# EXERCISE INSTRUCTIONS
Each line shown below should be copied exactly.

# INFORMATION GIVEN
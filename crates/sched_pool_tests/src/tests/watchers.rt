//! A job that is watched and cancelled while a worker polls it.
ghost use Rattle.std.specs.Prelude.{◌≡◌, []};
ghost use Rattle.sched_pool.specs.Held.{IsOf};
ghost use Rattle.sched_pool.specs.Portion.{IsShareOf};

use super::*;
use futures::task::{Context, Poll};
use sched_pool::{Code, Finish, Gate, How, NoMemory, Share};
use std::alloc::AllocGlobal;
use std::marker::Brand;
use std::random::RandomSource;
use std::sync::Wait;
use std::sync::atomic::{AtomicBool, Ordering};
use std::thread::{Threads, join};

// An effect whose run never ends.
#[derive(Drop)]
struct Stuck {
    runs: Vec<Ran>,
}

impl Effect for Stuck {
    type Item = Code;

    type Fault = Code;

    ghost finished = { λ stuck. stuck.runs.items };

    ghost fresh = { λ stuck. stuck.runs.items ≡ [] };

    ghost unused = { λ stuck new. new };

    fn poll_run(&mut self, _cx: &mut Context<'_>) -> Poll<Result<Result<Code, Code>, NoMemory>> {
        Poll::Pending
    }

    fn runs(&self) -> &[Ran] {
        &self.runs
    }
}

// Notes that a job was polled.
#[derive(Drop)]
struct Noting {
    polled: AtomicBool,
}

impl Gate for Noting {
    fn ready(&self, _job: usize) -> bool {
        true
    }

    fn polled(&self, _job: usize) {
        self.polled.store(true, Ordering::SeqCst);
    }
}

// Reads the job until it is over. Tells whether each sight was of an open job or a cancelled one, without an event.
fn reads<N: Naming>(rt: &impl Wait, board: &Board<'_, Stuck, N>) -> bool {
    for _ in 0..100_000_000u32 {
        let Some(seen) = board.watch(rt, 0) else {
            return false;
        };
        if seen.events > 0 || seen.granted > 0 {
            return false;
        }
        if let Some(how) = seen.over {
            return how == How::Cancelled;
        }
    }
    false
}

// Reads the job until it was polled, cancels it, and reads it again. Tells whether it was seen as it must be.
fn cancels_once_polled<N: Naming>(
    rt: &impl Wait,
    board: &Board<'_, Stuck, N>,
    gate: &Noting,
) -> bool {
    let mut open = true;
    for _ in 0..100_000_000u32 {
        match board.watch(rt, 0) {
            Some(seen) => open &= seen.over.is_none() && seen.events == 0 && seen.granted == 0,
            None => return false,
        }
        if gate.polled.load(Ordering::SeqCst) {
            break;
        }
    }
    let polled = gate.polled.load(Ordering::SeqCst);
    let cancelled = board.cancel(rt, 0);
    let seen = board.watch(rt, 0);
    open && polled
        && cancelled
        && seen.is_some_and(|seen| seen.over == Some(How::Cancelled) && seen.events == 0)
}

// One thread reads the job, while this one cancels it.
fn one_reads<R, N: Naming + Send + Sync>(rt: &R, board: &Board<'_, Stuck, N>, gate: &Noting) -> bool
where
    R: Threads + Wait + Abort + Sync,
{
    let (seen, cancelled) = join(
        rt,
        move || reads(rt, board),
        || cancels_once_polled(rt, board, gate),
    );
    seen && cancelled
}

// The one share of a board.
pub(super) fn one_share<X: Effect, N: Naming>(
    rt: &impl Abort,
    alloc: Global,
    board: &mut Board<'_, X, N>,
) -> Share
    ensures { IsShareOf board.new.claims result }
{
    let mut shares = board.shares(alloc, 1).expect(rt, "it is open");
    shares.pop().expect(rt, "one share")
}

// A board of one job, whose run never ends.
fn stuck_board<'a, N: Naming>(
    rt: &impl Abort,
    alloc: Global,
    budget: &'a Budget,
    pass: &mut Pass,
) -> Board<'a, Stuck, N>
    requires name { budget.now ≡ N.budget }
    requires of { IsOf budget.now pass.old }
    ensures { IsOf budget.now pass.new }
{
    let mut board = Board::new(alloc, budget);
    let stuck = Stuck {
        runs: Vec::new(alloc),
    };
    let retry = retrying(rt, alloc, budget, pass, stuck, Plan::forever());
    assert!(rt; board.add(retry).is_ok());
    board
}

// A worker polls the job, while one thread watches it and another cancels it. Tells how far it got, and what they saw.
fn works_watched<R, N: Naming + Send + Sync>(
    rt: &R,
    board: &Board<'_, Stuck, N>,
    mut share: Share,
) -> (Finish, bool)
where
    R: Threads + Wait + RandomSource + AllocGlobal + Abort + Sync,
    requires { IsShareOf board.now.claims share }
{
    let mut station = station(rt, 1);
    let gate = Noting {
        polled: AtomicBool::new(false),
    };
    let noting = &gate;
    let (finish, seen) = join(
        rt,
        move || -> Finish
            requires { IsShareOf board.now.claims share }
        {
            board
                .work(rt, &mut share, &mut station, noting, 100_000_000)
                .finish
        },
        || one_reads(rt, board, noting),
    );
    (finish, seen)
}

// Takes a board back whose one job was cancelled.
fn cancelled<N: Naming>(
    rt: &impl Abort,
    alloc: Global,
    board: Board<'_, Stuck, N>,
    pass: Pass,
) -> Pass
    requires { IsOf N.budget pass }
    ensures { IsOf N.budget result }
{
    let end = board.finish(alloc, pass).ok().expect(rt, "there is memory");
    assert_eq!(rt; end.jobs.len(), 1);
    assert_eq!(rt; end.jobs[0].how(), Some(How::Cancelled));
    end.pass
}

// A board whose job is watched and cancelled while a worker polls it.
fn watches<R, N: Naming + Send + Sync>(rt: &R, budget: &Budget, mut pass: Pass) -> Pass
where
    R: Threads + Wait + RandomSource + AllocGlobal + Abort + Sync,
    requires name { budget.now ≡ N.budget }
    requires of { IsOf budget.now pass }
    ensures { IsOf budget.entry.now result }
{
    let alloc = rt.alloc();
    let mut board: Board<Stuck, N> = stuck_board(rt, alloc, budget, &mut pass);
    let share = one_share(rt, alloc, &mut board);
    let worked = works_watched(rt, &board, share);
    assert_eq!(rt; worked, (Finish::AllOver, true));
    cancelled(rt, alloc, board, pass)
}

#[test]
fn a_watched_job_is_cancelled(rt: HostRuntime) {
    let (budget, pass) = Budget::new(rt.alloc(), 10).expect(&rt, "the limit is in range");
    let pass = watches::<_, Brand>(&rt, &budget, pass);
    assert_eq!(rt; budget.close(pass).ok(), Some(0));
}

# SOLVED EXERCISE
filename crates/sched_pool_tests/src/tests/watchers.rt
//! A job that is watched and cancelled while a worker polls it.
ghost use Rattle.std.specs.Prelude.{◌≡◌, []};
ghost use Rattle.sched_pool.specs.Held.{IsOf};
ghost use Rattle.sched_pool.specs.Portion.{IsShareOf};

use super::*;
use futures::task::{Context, Poll};
use sched_pool::{Code, Finish, Gate, How, NoMemory, Share};
use std::alloc::AllocGlobal;
use std::marker::Brand;
use std::random::RandomSource;
use std::sync::Wait;
use std::sync::atomic::{AtomicBool, Ordering};
use std::thread::{Threads, join};

// An effect whose run never ends.
#[derive(Drop)]
struct Stuck {
    runs: Vec<Ran>,
}

impl Effect for Stuck {
    type Item = Code;

    type Fault = Code;

    ghost finished = { λ stuck. stuck.runs.items };

    ghost fresh = { λ stuck. stuck.runs.items ≡ [] };

    ghost unused = { λ stuck new. new };

    fn poll_run(&mut self, _cx: &mut Context<'_>) -> Poll<Result<Result<Code, Code>, NoMemory>> {
        Poll::Pending
    }

    fn runs(&self) -> &[Ran] {
        &self.runs
    }
}

// Notes that a job was polled.
#[derive(Drop)]
struct Noting {
    polled: AtomicBool,
}

impl Gate for Noting {
    fn ready(&self, _job: usize) -> bool {
        true
    }

    fn polled(&self, _job: usize) {
        self.polled.store(true, Ordering::SeqCst);
    }
}

// Reads the job until it is over. Tells whether each sight was of an open job or a cancelled one, without an event.
fn reads<N: Naming>(rt: &impl Wait, board: &Board<'_, Stuck, N>) -> bool {
    for _ in 0..100_000_000u32 {
        let Some(seen) = board.watch(rt, 0) else {
            return false;
        };
        if seen.events > 0 || seen.granted > 0 {
            return false;
        }
        if let Some(how) = seen.over {
            return how == How::Cancelled;
        }
    }
    false
}

// Reads the job until it was polled, cancels it, and reads it again. Tells whether it was seen as it must be.
fn cancels_once_polled<N: Naming>(
    rt: &impl Wait,
    board: &Board<'_, Stuck, N>,
    gate: &Noting,
) -> bool {
    let mut open = true;
    for _ in 0..100_000_000u32 {
        match board.watch(rt, 0) {
            Some(seen) => open &= seen.over.is_none() && seen.events == 0 && seen.granted == 0,
            None => return false,
        }
        if gate.polled.load(Ordering::SeqCst) {
            break;
        }
    }
    let polled = gate.polled.load(Ordering::SeqCst);
    let cancelled = board.cancel(rt, 0);
    let seen = board.watch(rt, 0);
    open && polled
        && cancelled
        && seen.is_some_and(|seen| seen.over == Some(How::Cancelled) && seen.events == 0)
}

// One thread reads the job, while this one cancels it.
fn one_reads<R, N: Naming + Send + Sync>(rt: &R, board: &Board<'_, Stuck, N>, gate: &Noting) -> bool
where
    R: Threads + Wait + Abort + Sync,
{
    let (seen, cancelled) = join(
        rt,
        move || reads(rt, board),
        || cancels_once_polled(rt, board, gate),
    );
    seen && cancelled
}

// The one share of a board.
pub(super) fn one_share<X: Effect, N: Naming>(
    rt: &impl Abort,
    alloc: Global,
    board: &mut Board<'_, X, N>,
) -> Share
    ensures { IsShareOf board.new.claims result }
{
    let mut shares = board.shares(alloc, 1).expect(rt, "it is open");
    shares.pop().expect(rt, "one share")
}

// A board of one job, whose run never ends.
fn stuck_board<'a, N: Naming>(
    rt: &impl Abort,
    alloc: Global,
    budget: &'a Budget,
    pass: &mut Pass,
) -> Board<'a, Stuck, N>
    requires name { budget.now ≡ N.budget }
    requires of { IsOf budget.now pass.old }
    ensures { IsOf budget.now pass.new }
{
    let mut board = Board::new(alloc, budget);
    let stuck = Stuck {
        runs: Vec::new(alloc),
    };
    let retry = retrying(rt, alloc, budget, pass, stuck, Plan::forever());
    assert!(rt; board.add(retry).is_ok());
    board
}

// A worker polls the job, while one thread watches it and another cancels it. Tells how far it got, and what they saw.
fn works_watched<R, N: Naming + Send + Sync>(
    rt: &R,
    board: &Board<'_, Stuck, N>,
    mut share: Share,
) -> (Finish, bool)
where
    R: Threads + Wait + RandomSource + AllocGlobal + Abort + Sync,
    requires { IsShareOf board.now.claims share }
{
    let mut station = station(rt, 1);
    let gate = Noting {
        polled: AtomicBool::new(false),
    };
    let noting = &gate;
    let (finish, seen) = join(
        rt,
        move || -> Finish
            requires { IsShareOf board.now.claims share }
        {
            board
                .work(rt, &mut share, &mut station, noting, 100_000_000)
                .finish
        },
        || one_reads(rt, board, noting),
    );
    (finish, seen)
}

// Takes a board back whose one job was cancelled.
fn cancelled<N: Naming>(
    rt: &impl Abort,
    alloc: Global,
    board: Board<'_, Stuck, N>,
    pass: Pass,
) -> Pass
    requires { IsOf N.budget pass }
    ensures { IsOf N.budget result }
{
    let end = board.finish(alloc, pass).ok().expect(rt, "there is memory");
    assert_eq!(rt; end.jobs.len(), 1);
    assert_eq!(rt; end.jobs[0].how(), Some(How::Cancelled));
    end.pass
}

// A board whose job is watched and cancelled while a worker polls it.
fn watches<R, N: Naming + Send + Sync>(rt: &R, budget: &Budget, mut pass: Pass) -> Pass
where
    R: Threads + Wait + RandomSource + AllocGlobal + Abort + Sync,
    requires name { budget.now ≡ N.budget }
    requires of { IsOf budget.now pass }
    ensures { IsOf budget.entry.now result }
{
    let alloc = rt.alloc();
    let mut board: Board<Stuck, N> = stuck_board(rt, alloc, budget, &mut pass);
    let share = one_share(rt, alloc, &mut board);
    let worked = works_watched(rt, &board, share);
    assert_eq!(rt; worked, (Finish::AllOver, true));
    cancelled(rt, alloc, board, pass)
}

#[test]
fn a_watched_job_is_cancelled(rt: HostRuntime) {
    let (budget, pass) = Budget::new(rt.alloc(), 10).expect(&rt, "the limit is in range");
    let pass = watches::<_, Brand>(&rt, &budget, pass);
    assert_eq!(rt; budget.close(pass).ok(), Some(0));
}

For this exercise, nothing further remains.